Dataset items:
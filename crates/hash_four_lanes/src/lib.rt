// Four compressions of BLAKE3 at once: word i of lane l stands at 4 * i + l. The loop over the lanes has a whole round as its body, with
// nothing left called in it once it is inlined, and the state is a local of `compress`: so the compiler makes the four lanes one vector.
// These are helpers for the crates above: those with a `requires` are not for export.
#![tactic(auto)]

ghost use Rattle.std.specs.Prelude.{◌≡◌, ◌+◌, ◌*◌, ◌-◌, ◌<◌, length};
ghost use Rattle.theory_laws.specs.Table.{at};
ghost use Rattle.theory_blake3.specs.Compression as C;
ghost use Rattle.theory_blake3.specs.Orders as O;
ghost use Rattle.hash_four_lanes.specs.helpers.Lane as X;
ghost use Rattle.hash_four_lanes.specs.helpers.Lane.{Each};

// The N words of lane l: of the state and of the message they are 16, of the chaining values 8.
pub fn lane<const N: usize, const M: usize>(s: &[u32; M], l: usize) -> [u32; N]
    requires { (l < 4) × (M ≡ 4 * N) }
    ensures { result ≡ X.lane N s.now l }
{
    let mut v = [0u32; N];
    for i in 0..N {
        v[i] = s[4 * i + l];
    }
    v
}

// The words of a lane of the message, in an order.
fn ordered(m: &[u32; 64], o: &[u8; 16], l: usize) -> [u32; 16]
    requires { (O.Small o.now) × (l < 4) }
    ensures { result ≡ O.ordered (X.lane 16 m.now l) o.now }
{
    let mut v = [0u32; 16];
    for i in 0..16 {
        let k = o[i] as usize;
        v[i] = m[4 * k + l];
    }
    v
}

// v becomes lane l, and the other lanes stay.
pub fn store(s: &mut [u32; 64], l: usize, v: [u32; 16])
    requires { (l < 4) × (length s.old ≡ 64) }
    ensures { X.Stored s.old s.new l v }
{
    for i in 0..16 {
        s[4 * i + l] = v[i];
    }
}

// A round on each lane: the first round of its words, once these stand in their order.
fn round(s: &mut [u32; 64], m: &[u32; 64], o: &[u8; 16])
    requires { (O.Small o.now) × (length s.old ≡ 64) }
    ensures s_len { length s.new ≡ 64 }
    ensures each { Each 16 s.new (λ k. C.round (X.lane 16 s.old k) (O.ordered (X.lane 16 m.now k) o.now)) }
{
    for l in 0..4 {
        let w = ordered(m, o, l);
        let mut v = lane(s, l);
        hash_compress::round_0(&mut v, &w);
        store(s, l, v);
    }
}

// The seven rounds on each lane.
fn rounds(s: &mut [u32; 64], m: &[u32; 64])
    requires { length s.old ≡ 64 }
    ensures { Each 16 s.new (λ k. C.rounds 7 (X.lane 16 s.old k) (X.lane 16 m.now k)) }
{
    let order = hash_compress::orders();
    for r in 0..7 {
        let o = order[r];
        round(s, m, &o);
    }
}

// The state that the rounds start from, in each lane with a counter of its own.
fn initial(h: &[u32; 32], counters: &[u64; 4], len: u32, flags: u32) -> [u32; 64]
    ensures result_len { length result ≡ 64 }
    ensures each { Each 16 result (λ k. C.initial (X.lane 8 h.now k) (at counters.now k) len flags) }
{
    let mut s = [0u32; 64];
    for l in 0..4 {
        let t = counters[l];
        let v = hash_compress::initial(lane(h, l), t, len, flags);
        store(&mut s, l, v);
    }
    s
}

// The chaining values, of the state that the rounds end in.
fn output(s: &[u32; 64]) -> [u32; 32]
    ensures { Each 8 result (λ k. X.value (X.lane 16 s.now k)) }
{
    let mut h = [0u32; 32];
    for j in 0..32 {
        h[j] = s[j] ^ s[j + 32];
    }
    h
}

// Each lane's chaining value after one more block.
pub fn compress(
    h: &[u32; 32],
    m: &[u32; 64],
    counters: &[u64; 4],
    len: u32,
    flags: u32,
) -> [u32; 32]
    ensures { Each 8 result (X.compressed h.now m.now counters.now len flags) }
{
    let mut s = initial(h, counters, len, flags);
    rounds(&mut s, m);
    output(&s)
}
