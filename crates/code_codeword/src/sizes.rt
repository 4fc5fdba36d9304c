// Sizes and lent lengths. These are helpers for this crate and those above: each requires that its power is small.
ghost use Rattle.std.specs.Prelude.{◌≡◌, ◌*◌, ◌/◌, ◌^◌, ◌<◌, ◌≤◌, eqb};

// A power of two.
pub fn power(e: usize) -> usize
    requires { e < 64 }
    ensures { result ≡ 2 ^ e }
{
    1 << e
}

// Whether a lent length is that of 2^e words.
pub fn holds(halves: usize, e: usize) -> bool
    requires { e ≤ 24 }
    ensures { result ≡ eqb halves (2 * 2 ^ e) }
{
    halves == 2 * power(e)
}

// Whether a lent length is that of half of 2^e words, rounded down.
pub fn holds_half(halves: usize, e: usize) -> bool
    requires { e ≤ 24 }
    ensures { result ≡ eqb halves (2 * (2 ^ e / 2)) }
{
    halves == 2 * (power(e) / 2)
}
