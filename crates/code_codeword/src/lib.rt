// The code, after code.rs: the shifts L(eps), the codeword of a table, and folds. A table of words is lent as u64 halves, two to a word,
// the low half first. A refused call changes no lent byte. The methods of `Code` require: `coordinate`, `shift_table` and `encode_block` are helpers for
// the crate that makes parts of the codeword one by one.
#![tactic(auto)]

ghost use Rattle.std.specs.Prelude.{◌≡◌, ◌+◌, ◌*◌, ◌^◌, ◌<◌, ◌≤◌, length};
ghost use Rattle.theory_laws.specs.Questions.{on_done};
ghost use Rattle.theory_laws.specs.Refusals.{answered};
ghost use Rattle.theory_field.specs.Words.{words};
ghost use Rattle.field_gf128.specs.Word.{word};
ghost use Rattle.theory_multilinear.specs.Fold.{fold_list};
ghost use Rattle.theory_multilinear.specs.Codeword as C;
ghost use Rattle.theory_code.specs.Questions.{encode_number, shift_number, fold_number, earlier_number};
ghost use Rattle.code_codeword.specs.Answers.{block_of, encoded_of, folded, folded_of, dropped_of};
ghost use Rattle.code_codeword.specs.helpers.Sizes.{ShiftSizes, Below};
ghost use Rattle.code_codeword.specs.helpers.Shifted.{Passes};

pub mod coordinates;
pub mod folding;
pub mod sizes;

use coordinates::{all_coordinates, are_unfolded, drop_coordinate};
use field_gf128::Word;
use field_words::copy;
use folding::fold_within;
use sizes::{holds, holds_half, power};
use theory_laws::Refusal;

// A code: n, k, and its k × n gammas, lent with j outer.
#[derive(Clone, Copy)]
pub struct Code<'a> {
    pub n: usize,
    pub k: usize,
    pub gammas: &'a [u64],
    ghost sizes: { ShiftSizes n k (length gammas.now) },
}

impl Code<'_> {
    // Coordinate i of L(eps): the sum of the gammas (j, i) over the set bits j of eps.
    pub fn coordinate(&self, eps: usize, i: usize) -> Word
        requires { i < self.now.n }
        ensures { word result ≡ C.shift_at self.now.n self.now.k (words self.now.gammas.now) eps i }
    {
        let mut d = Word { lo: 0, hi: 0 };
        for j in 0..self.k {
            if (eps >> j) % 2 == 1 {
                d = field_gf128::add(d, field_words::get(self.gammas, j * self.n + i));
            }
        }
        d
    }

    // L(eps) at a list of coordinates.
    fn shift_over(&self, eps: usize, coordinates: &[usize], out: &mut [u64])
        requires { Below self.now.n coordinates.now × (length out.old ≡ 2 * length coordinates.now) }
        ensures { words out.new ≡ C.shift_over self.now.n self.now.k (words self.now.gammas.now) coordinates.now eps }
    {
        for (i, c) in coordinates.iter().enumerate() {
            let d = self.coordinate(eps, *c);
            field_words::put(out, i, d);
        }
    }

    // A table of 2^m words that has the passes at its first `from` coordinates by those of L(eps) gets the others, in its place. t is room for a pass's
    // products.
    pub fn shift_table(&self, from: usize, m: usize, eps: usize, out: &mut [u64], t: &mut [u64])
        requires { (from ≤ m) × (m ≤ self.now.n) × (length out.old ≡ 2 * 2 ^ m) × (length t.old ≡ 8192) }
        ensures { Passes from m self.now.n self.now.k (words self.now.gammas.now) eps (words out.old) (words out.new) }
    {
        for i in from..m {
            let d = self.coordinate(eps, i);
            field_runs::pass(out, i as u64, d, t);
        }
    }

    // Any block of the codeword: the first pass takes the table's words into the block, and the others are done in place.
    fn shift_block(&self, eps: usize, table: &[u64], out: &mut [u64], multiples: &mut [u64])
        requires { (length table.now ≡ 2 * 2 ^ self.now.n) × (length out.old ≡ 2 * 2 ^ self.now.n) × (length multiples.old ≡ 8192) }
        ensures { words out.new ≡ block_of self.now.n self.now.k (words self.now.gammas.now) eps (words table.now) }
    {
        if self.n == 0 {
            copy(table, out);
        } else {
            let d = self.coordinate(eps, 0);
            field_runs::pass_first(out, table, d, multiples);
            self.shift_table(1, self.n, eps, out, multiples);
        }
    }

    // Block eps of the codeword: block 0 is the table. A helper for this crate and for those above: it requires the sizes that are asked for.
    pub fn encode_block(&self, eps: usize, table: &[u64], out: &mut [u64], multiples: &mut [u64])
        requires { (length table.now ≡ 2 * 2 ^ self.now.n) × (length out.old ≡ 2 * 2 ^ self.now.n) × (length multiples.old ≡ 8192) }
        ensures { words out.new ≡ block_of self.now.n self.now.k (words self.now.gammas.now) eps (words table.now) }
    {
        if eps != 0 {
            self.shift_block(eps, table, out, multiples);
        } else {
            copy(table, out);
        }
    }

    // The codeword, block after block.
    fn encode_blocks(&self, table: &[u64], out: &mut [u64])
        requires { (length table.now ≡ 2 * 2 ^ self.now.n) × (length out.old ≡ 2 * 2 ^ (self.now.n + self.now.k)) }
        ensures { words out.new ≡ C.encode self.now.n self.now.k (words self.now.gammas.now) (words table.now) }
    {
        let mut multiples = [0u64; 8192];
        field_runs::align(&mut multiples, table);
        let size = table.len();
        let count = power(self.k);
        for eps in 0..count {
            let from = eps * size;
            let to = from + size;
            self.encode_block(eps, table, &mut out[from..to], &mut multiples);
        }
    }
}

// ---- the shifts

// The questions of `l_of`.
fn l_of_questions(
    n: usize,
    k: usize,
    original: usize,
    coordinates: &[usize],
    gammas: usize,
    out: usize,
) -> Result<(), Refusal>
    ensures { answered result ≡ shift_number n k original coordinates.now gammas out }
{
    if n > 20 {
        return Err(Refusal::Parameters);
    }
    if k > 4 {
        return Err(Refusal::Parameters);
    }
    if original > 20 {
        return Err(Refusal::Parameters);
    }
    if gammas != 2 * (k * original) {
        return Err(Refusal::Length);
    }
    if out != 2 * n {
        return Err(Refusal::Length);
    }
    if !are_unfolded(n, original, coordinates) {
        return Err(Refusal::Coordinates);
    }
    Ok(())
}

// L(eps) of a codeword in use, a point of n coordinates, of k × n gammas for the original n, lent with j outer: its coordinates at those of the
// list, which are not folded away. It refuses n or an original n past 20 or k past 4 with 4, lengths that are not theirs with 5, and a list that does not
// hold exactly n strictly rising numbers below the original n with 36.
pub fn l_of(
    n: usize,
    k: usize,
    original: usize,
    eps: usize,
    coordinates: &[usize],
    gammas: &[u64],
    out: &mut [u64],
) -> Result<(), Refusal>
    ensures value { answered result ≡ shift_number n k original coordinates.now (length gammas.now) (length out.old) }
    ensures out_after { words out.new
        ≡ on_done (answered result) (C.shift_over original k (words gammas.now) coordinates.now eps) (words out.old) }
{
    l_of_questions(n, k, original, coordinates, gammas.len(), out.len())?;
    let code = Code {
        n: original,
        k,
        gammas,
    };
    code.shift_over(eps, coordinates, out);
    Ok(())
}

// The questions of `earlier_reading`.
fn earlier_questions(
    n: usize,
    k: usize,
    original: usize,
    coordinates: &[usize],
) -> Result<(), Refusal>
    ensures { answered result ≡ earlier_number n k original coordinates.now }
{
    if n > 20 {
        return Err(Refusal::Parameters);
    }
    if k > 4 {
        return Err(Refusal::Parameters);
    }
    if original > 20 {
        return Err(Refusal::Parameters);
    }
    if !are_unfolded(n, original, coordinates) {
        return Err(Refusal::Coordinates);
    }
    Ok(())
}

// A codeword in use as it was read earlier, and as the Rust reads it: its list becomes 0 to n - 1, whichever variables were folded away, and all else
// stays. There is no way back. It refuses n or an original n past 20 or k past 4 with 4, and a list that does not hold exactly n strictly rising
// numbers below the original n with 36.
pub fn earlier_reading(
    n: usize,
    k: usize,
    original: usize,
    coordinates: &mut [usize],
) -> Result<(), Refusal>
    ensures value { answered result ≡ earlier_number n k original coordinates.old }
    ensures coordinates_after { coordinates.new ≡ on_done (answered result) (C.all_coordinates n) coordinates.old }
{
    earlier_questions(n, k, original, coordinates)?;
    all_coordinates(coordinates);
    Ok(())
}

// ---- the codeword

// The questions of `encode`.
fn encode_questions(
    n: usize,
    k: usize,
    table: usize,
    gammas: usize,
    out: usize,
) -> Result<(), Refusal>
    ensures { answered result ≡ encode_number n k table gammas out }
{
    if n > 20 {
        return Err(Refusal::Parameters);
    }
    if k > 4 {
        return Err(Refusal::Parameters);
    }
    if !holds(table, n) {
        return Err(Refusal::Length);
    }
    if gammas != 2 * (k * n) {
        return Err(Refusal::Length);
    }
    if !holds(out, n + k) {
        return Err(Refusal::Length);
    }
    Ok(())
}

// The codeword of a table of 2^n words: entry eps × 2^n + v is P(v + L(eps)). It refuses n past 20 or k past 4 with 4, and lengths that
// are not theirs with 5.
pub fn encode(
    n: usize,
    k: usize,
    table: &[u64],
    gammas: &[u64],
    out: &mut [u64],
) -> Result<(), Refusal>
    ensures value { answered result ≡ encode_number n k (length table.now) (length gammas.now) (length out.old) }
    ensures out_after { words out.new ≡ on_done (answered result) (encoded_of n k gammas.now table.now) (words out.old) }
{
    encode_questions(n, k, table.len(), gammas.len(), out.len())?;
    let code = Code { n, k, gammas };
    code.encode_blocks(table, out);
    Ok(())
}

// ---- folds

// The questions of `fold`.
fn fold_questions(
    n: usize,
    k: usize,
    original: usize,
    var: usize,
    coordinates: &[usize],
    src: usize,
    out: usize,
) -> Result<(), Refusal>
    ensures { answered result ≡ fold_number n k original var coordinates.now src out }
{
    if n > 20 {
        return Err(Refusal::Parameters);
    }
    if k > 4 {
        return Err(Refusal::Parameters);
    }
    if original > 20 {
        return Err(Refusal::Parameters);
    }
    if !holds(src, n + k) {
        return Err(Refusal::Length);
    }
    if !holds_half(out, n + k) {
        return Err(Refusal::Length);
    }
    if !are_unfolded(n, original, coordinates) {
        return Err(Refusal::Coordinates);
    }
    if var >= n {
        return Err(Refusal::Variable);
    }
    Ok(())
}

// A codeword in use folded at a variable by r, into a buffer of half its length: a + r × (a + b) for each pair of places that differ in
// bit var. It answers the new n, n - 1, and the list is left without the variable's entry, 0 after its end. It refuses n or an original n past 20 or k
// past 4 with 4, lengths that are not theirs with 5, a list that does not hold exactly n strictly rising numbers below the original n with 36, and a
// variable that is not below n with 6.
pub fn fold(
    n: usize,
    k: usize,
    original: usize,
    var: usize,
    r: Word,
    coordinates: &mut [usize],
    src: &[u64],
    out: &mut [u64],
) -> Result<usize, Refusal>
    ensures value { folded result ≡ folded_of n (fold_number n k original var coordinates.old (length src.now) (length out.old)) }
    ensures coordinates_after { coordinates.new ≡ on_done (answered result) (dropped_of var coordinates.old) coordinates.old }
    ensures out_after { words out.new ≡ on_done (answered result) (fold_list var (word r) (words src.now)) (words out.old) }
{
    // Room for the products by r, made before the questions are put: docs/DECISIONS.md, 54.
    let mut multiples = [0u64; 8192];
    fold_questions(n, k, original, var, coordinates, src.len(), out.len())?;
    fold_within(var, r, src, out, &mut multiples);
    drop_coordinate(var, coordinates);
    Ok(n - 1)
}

--

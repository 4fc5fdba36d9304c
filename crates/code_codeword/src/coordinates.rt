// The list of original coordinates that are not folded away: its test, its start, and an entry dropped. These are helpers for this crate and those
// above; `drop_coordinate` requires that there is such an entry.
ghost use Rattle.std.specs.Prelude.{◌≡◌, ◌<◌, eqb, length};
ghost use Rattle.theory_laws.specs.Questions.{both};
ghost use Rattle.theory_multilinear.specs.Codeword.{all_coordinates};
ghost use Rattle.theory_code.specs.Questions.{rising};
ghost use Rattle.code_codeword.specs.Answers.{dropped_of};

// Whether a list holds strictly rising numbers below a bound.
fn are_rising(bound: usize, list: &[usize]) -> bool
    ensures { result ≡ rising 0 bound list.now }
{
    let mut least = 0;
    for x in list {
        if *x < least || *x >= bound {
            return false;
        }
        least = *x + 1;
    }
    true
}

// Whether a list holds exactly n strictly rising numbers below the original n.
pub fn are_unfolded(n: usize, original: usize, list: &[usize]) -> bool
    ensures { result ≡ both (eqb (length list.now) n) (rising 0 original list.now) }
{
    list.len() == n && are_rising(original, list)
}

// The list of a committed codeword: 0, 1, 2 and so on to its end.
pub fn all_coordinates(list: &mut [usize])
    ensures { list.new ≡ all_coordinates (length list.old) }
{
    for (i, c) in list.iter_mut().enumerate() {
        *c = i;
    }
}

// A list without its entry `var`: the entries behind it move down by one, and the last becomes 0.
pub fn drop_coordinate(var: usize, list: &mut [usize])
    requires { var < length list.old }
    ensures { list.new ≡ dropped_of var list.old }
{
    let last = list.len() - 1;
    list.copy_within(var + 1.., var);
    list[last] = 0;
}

PROMPT: Please give the number of lines in the data above where the word "counters" appears, and nothing besides.

ANSWER TO THIS PROBLEM: 6